Image courtesy jEd dC

Business must return from the shareholder model back to the stakeholder model. This return is necessary primarily because of the shift Milton Friedman started when he published his 1962 book ‘Capitalism and Freedom’. In the book, he described his view that executives’ social responsibility is to maximize shareholder profits. He justified his staunch opinion by saying that it’s the government’s job to guide those robotically self-interested executives in a direction that helps society. Problem: what greedy executive wouldn’t use this text to their advantage?
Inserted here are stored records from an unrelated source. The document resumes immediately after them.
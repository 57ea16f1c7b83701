//! What is stated of a field file.

ghost use Rattle.std.specs.Prelude.{◌≡◌, []};
ghost use Rattle.job_statements.specs.Numbers.{is_asked, is_another, number_of, numbers_of};
ghost use Rattle.job_statements.specs.Numbers.{number_said, own_number, said_in};

use adjust_kernel::Name;
use std::alloc::Global;

/// A number that is stated of the station of one name.
#[derive(Clone, Copy, Debug, PartialEq, Eq, Drop)]
pub struct NamedNumber {
    /// The name, as it is read in a field file: without zeros before it.
    pub name: Name,
    /// The number.
    pub number: u32,
}

/// A number that is stated of the stations of a field file that have sets: one of each of them, and
/// others of single ones, which stand there in its place.
#[derive(Debug, Drop)]
pub struct StatedNumber {
    /// The number of each station of which no other is stated.
    pub of_each: Option<u32>,
    /// The numbers of single stations.
    pub of_one: Vec<NamedNumber>,
}

/// What is stated of a field file, since no reading shows it.
#[derive(Debug, Drop)]
pub struct Stated {
    /// How many sets were read to the end.
    pub sets: StatedNumber,
    /// How many targets they have.
    pub targets: StatedNumber,
    /// Whether a name that comes again is another set-up: the second one is NAME-2, the third NAME-3.
    pub again: bool,
    /// Whether stations with a fault stay outside, and the others are marked.
    pub others: bool,
}

/// What is stated of the sets of one station.
#[derive(Clone, Copy, Debug, PartialEq, Eq, Drop)]
pub struct Numbers {
    /// How many were read to the end.
    pub sets: Option<u32>,
    /// How many targets they have.
    pub targets: Option<u32>,
}

/// The number that is stated of the station of this name by itself.
fn own_number(numbers: &[NamedNumber], name: &Name) -> Option<u32>
    ensures { result ≡ own_number numbers.now name.now }
{
    let mut left = numbers;
    'numbers: while let Some((named, rest)) = left.split_first() {
        if named.name.is_same(name) {
            return Some(named.number);
        }
        left = rest;
    }
    None
}

impl StatedNumber {
    /// This number of each station, or none.
    pub fn of_each(alloc: Global, number: Option<u32>) -> StatedNumber
        ensures each { result.of_each ≡ number }
        ensures one { result.of_one.items ≡ [] }
    {
        StatedNumber {
            of_each: number,
            of_one: Vec::new(alloc),
        }
    }

    /// The number that is stated of the station of this name: its own, or else that of each.
    pub fn of(&self, name: &Name) -> Option<u32>
        ensures { result ≡ number_of (number_said self.now) name.now }
    {
        match own_number(&self.of_one, name) {
            Some(number) => Some(number),
            None => self.of_each,
        }
    }
}

impl Stated {
    /// What is stated of the sets of the station of this name.
    pub fn of(&self, name: &Name) -> Numbers
        ensures { result ≡ numbers_of (said_in self.now) name.now }
    {
        Numbers {
            sets: self.sets.of(name),
            targets: self.targets.of(name),
        }
    }
}

/// Whether a number is stated, and is not this one.
pub fn is_another(stated: Option<u32>, found: usize) -> bool
    ensures { result ≡ is_another stated found }
{
    match stated {
        Some(number) => number as usize != found,
        None => false,
    }
}

/// Whether a number is needed, and is not stated.
pub fn is_asked(needed: bool, stated: Option<u32>) -> bool
    ensures { result ≡ is_asked needed stated }
{
    needed && stated.is_none()
}
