//! The code that is stated as one whose blocks begin a station each.

ghost use Rattle.std.specs.Prelude.{IfNone, IfSome};
ghost use Rattle.job_statements.specs.StationCodes.{IsNoStationCode, IsStationCode};

use crate::zeros::bare_name;
use adjust_kernel::Name;

/// The code that a text states, without zeros before it; none where the text is no code, or one of
/// those that are put in.
pub fn station_code(text: &[u8]) -> Option<Name>
    ensures code { IfSome result (IsStationCode text.now) }
    ensures none { IfNone result (IsNoStationCode text.now) }
{
    let code = bare_name(&Name::new(text)?);
    match code.bytes() {
        b"10" | b"20" | b"30" => None,
        _ => Some(code),
    }
}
The more significant problem, though, is that Friedman’s idea had contextual relevancy that doesn’t apply anymore.

Friedman’s view came at a time when there was enough congressional and socio-political alignment to win the space race by sending a man to the moon. According to Pew research, in 1962, approximately 75% of Americans trusted Washington all or most of the time. That sounds like a joke, but it’s not. 75%. Today, that figure is 18%, meaning that over 60% of the 46% of America that voted for Trump do not trust in the government. Welcome, Friedman, to the age in which government is dominated by two factors: polarization and ballooning.

Polarization is strong. Today, the left, the right, and the camps that support both have a difficult time finding middle ground. We know that based on the number of bills Congress passes, which is less than 25% of the number passed in 1948. We see that through the unfounded level of hatred even our well-educated friends have toward the ‘other’ party, even if their views effectively support much of the party’s platform. Unsurprisingly, Edelman, the world’s biggest PR firm, used ‘polarization’ as the key word to describe 2018.

The second factor to note is ballooning. It’s described in “Rebalancing Society”, a recent book by management expert and McGill professor Henry Mintzberg’s. Henry says that historically there was a balancing act of power that shifted in weight between the public sector and the private sector. The problem, however, is that crony capitalism, along with other forces, has allowed both sectors to balloon in power together. For society, this is bad news, especially within a Friedman-driven dystopia. The good news is that business leaders are recognizing these contextual factors. They are seeing that Friedman’s concepts are less relevant while other concepts are more pertinent.

To outlast their competition and drive performance, American businesses need to step up to meet the call of what Michael Porter calls Creating Shared Value (CSV). Porter, professor at Harvard Business School and arguably the world’s top expert on competitive strategy, has been harkening business leaders toward a model of stakeholder competitive advantage for over a decade. Furthermore, BCG is now on the leading edge to help business leaders see the value of that approach and act on it. BCG’s body of work that comes out of their Sustainability Practice is called Total Societal Impact (TSI). In Wendy Woods TED Talk last year, she showed how BCG’s ‘TSI’ proves that businesses with a stakeholder model are gaining a competitive advantage and outperforming their peers.

There’s a clear case for a stakeholder model, but there is also what one could call a moral imperative to guide the direction society goes. In 2016, leaders at Honeywell, DuPont and other chemical firms banded together to meet the call in their domain. Knowing the impact HFC’s have on the ozone layer, they rose above government and united to essentially halt the global use of HFC’s. Behavior like this is the new trend and will rebalance society the way Mintzberg prescribes. He says that to balance the public and private sectors, the plural sector, or social sector, as some call it, must unite to increase its power and become the third equal leg of the societal stool. Corporate actions like those from DuPont, or from Danone when it committed to becoming a B-Corp, or from Nespresso which does much of its work alongside of Rainforest Alliance, are the actions that strengthen the social sector. Business must, and is, stepping up to guide society.